8. An audio decoding circuit comprising:

a dequantizing circuit configured to decode and dequantize a first audio signal in each channel to calculate a first frequency spectrum, the first audio signal having a first number of channels and being encoded;

a spectrum converting circuit configured to divide the first frequency spectrum in each channel of the first audio signal in a time direction or in a frequency direction to calculate a first signal sequence having the same time resolution and the same frequency resolution in all the channels of the first audio signal;

a down-mixing circuit configured to perform weighted addition on the signals at the same time and within the same frequency band included in the first signal sequence in all the channels to include a second signal sequence having channels of a second number different from the first number of channels;

a spectrum inverting circuit configured to obtain one frequency spectrum value of the same frequency band from the signals within the frequency band included in each of the second signal sequences of a first predetermined number, which are continuous in the time direction, in each channel of the second signal sequence or obtain one frequency spectrum value from the signals within frequency bands of a second predetermined number, which are continuous in the frequency direction, in the second signal sequence to convert the second signal sequence into a second frequency spectrum having the second number of channels; and

an audio recomposing circuit configured to convert the second frequency spectrum into a second audio signal in a time domain.

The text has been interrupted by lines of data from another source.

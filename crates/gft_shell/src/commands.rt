//! The commands: one file each. What a command answers to an item, and to its own argument.
mod abstract_info;
mod complete;
mod context_free;
pub mod empty;
mod generate_trees;
pub mod import;
mod linearize;
mod morpho_analyse;
mod parse;
pub mod quit;
pub mod write_portable;

use crate::held::Held;
use crate::item::{Item, push};
use crate::settings::Settings;
use gft_command::{Argument, Verb};
use gft_core::{Token, Tree, words};
use gft_lister::Form;
use gft_rules::Stop;
use std::alloc::Global;

/// What commands answer over: the allocator and what is held.
#[derive(Clone, Copy)]
pub struct Given<'a> {
    pub alloc: Global,
    pub held: &'a Held,
}

/// What a command answers to a tree.
fn answer_tree(
    given: Given<'_>,
    settings: Settings,
    tree: &Tree,
    items: &mut Vec<Item>,
) -> Result<(), Stop> {
    match settings.verb {
        Verb::Linearize => linearize::linearize(given, settings, tree, items),
        _ => Ok(()), // excluded by reading: no other command takes trees
    }
}

/// What a command answers to a tree that was listed.
fn answer_form(
    given: Given<'_>,
    settings: Settings,
    form: &Form,
    items: &mut Vec<Item>,
) -> Result<(), Stop> {
    match settings.verb {
        Verb::Linearize => linearize::linearize_form(given, settings, form, items),
        _ => Ok(()), // excluded by reading: no other command takes trees
    }
}

/// What a command answers to the words of a text.
fn answer_words(
    given: Given<'_>,
    settings: Settings,
    words: &Vec<Token>,
    items: &mut Vec<Item>,
) -> Result<(), Stop> {
    match settings.verb {
        Verb::Parse => parse::parse(given, settings, words, items),
        Verb::Complete => complete::complete(given, settings, words, items),
        Verb::MorphoAnalyse => morpho_analyse::morpho_analyse(given, settings, words, items),
        _ => Ok(()), // excluded by reading: no other command takes texts
    }
}

/// What a command answers to a text.
fn answer_text(
    given: Given<'_>,
    settings: Settings,
    text: &str,
    items: &mut Vec<Item>,
) -> Result<(), Stop> {
    let words = words(given.alloc, text)?;
    answer_words(given, settings, &words, items)
}

/// What a command answers without an argument.
fn answer_nothing(given: Given<'_>, settings: Settings, items: &mut Vec<Item>) -> Result<(), Stop> {
    match settings.verb {
        Verb::AbstractInfo => Ok(abstract_info::all(given, items)?),
        Verb::GenerateTrees => generate_trees::generate_trees(given, settings, items),
        Verb::ContextFree => Ok(context_free::context_free(given, settings, items)?),
        _ => Ok(()), // excluded by reading: no other command that answers comes without an argument
    }
}

/// What a command answers to its own argument.
pub fn answer_argument(
    given: Given<'_>,
    settings: Settings,
    argument: &Argument,
    items: &mut Vec<Item>,
) -> Result<(), Stop> {
    match argument {
        Argument::Nothing => answer_nothing(given, settings, items),
        Argument::Words(words) => answer_words(given, settings, words, items),
        Argument::Tree(tree) => answer_tree(given, settings, tree, items),
        Argument::Name(name) => abstract_info::named(given, name.as_str(), items),
        Argument::Files(_) => Ok(()), // excluded by reading: no other command takes files
    }
}

/// What a command answers to an item that an earlier one handed on.
pub fn answer_item(
    given: Given<'_>,
    settings: Settings,
    item: &Item,
    items: &mut Vec<Item>,
) -> Result<(), Stop> {
    match item {
        Item::Tree(tree) => answer_tree(given, settings, tree, items),
        Item::Listed(entry) => answer_form(given, settings, &entry.form, items),
        Item::Said(text) => answer_text(given, settings, text.as_str(), items),
        Item::Line(text) => Ok(push(items, Item::Line(text.copy(given.alloc)?))?),
    }
}
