//! What a session answers.

/// The answer to a line, an import or a save: the bytes to be written, whether a refusal is among
/// them, and whether the session ends.
#[derive(Drop)]
pub struct Step {
    pub reply: Vec<u8>,
    pub refused: bool,
    pub quit: bool,
}
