//! What a session holds after an import: the languages of equal abstract syntax stay.
use crate::held::{Held, Language, add_language, held_alone, held_of};
use gft_core::{NoMemory, Shared};
use gft_load::is_same_abstract;
use gft_pmcfg::{Concrete, Grammar};
use sqlite_items::Items;
use std::alloc::Global;
use std::cmp::Ordering;

/// Languages with the greatest name first, and for each its number among those that were held, if
/// it was.
#[derive(Drop)]
struct Joined {
    concretes: Vec<Concrete>,
    kept: Vec<Option<u32>>,
}

/// How the names of the last languages stand to each other. One that is not there is least.
fn order_of_last(old: &Items<Concrete>, new: &Items<Concrete>) -> Ordering {
    let Some(a) = old.as_slice().last() else {
        return Ordering::Less;
    };
    let Some(b) = new.as_slice().last() else {
        return Ordering::Greater;
    };
    a.name.as_str().cmp(b.name.as_str())
}

impl Joined {
    /// Takes the last of the languages that were held.
    fn keep(&mut self, old: &mut Items<Concrete>) -> Result<(), NoMemory> {
        let Some(concrete) = old.pop() else {
            return Ok(());
        };
        self.concretes.push(concrete)?;
        self.kept.push(u32::try_from(old.len()).ok())?;
        Ok(())
    }

    /// Takes the last of the new languages.
    fn add(&mut self, new: &mut Items<Concrete>) -> Result<(), NoMemory> {
        let Some(concrete) = new.pop() else {
            return Ok(());
        };
        self.concretes.push(concrete)?;
        self.kept.push(None)?;
        Ok(())
    }

    /// Takes the language with the greatest name that is left. Of two with one name the new one
    /// counts.
    fn step(
        &mut self,
        old: &mut Items<Concrete>,
        new: &mut Items<Concrete>,
    ) -> Result<(), NoMemory> {
        match order_of_last(old, new) {
            Ordering::Greater => self.keep(old),
            Ordering::Less => self.add(new),
            Ordering::Equal => {
                let _ = old.pop();
                self.add(new)
            }
        }
    }
}

/// The languages of both lists, each of which is in the order of names.
fn join(alloc: Global, old: Items<Concrete>, new: Items<Concrete>) -> Result<Joined, NoMemory> {
    let mut old = old;
    let mut new = new;
    let mut joined = Joined {
        concretes: Vec::new(alloc),
        kept: Vec::new(alloc),
    };
    'languages: for _ in 0..old.len().saturating_add(new.len()) {
        joined.step(&mut old, &mut new)?;
    }
    joined.concretes.reverse();
    joined.kept.reverse();
    Ok(joined)
}

/// Adds a language of the grammar: that which was held under the number, if it is given one.
fn add_kept(
    alloc: Global,
    before: &Held,
    grammar: &Grammar,
    lang: u32,
    kept: Option<u32>,
    languages: &mut Vec<Shared<Language>>,
) -> Result<(), NoMemory> {
    if let Some(number) = kept {
        if let Some(language) = before.languages.get(number as usize) {
            languages.push(language.share()?)?;
            return Ok(());
        }
    }
    add_language(alloc, grammar, lang, languages)
}

/// What is made of the languages of a joined grammar.
fn languages_of(
    alloc: Global,
    before: &Held,
    grammar: &Grammar,
    kept: &[Option<u32>],
) -> Result<Vec<Shared<Language>>, NoMemory> {
    let mut languages = Vec::new(alloc);
    let mut lang = 0u32;
    'languages: for kept in kept {
        add_kept(alloc, before, grammar, lang, *kept, &mut languages)?;
        lang = lang.saturating_add(1);
    }
    Ok(languages)
}

/// The grammar of both, and which of its languages were held.
fn joined_grammar(
    alloc: Global,
    before: &Held,
    grammar: Grammar,
) -> Result<(Grammar, Vec<Option<u32>>), NoMemory> {
    let Grammar { abs, concretes } = grammar;
    let Grammar {
        abs: _,
        concretes: old,
    } = before.grammar.copy(alloc)?;
    let Joined { concretes, kept } = join(alloc, old, concretes)?;
    match Grammar::checked(alloc, abs, Items::from_vec(concretes))? {
        Some(grammar) => Ok((grammar, kept)),
        None => Err(NoMemory), // excluded by both grammars: their numbers are in range
    }
}

/// The new grammar beside the languages that were held, which it replaces where a name is equal.
fn held_beside(alloc: Global, before: &Held, grammar: Grammar) -> Result<Held, NoMemory> {
    let (grammar, kept) = joined_grammar(alloc, before, grammar)?;
    let languages = languages_of(alloc, before, &grammar, kept.as_slice())?;
    Ok(held_of(grammar, languages))
}

/// What is held after an import of the grammar: with the languages that were held where the
/// abstract syntax is equal, else alone. What was held is as it was.
pub fn held_after(
    alloc: Global,
    before: Option<&Held>,
    grammar: Grammar,
) -> Result<Held, NoMemory> {
    match before {
        None => held_alone(alloc, grammar),
        Some(held) => {
            if is_same_abstract(&held.grammar.abs, &grammar.abs) {
                held_beside(alloc, held, grammar)
            } else {
                held_alone(alloc, grammar)
            }
        }
    }
}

9. A non-transitory computer-readable storage medium including a program to cause an audio decoding apparatus to execute operations, the program comprising:

decoding and dequantizing a first audio signal in each channel to calculate a first frequency spectrum, the first audio signal having a first number of channels and being encoded;

dividing the first frequency spectrum in each channel of the first audio signal in a time direction or in a frequency direction to calculate a first signal sequence having the same time resolution and the same frequency resolution in all the channels of the first audio signal;

performing weighted addition on the signals at the same time and within the same frequency band included in the first signal sequence in all the channels to include a second signal sequence having channels of a second number different from the first number of channels;

obtaining one frequency spectrum value of the same frequency band from the signals within the frequency band included in each of the second signal sequences of a first predetermined number, which are continuous in the time direction, in each channel of the second signal sequence or obtaining one frequency spectrum value from the signals within frequency bands of a second predetermined number, which are continuous in the frequency direction, in the second signal sequence to convert the second signal sequence into a second frequency spectrum having the second number of channels; and

converting the second frequency spectrum into a second audio signal in a time domain.

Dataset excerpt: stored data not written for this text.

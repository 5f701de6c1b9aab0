//! The session and its calls.
use crate::commands::import::import;
use crate::commands::write_portable::write_portable;
use crate::held::{Held, replace};
use crate::line::{Line, answer_line};
use crate::step::Step;
use gft_core::{NoMemory, Shared, Text};
use gft_io::Store;
use std::alloc::Global;

/// A session: the grammar that it holds, if it holds one, with the tables that its commands work
/// over. What it holds is made aside and put in place at the end of a call, so a call that wants
/// memory leaves it as it was.
#[derive(Drop)]
pub struct Session {
    held: Option<Shared<Held>>,
}

impl Session {
    /// A session without a grammar. It takes no memory.
    pub fn new() -> Session {
        Session { held: None }
    }

    /// Holds what a line leaves, and gives its answer.
    fn end(&mut self, line: Line) -> Step {
        let Line { held, reply, quit } = line;
        replace(&mut self.held, held);
        reply.into_step(quit)
    }

    /// The answer to a line, whose newline is not part of it. A pipe that is refused leaves the
    /// session as it was before that pipe; after NoMemory the session is as it was before the line.
    pub fn step<F: Store>(
        &mut self,
        alloc: Global,
        line: &Vec<u8>,
        store: &mut F,
    ) -> Result<Step, NoMemory> {
        let mut answered = Line::new(alloc, &self.held)?;
        answer_line(alloc, &mut answered, line.as_slice(), store)?;
        Ok(self.end(answered))
    }

    /// The answer to the one command `import` with these file names, one or more. After NoMemory
    /// the session is unchanged.
    pub fn import<F: Store>(
        &mut self,
        alloc: Global,
        files: &Vec<Text>,
        store: &mut F,
    ) -> Result<Step, NoMemory> {
        let mut answered = Line::new(alloc, &self.held)?;
        import(alloc, &mut answered, files, store)?;
        Ok(self.end(answered))
    }

    /// The answer to the one command `write_portable` with this file name. After NoMemory the
    /// session is unchanged.
    pub fn save_as<F: Store>(
        &mut self,
        alloc: Global,
        file: &Text,
        store: &mut F,
    ) -> Result<Step, NoMemory> {
        let mut answered = Line::new(alloc, &self.held)?;
        write_portable(alloc, &mut answered, file, store)?;
        Ok(self.end(answered))
    }
}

10. A decoding method comprising:

receiving a first encoded signal that has a first number of channels;

decoding with a microprocessor the received signal in each channel to calculate a first frequency spectrum;

calculating a first signal sequence having a same time resolution and frequency resolution in all the channels;

performing weighted addition on the signals in the first signal sequence to calculate a second signal sequence;

converting the second signal sequence into a second frequency spectrum having a second number of channels; and

converting the second frequency spectrum into a second signal in a time domain.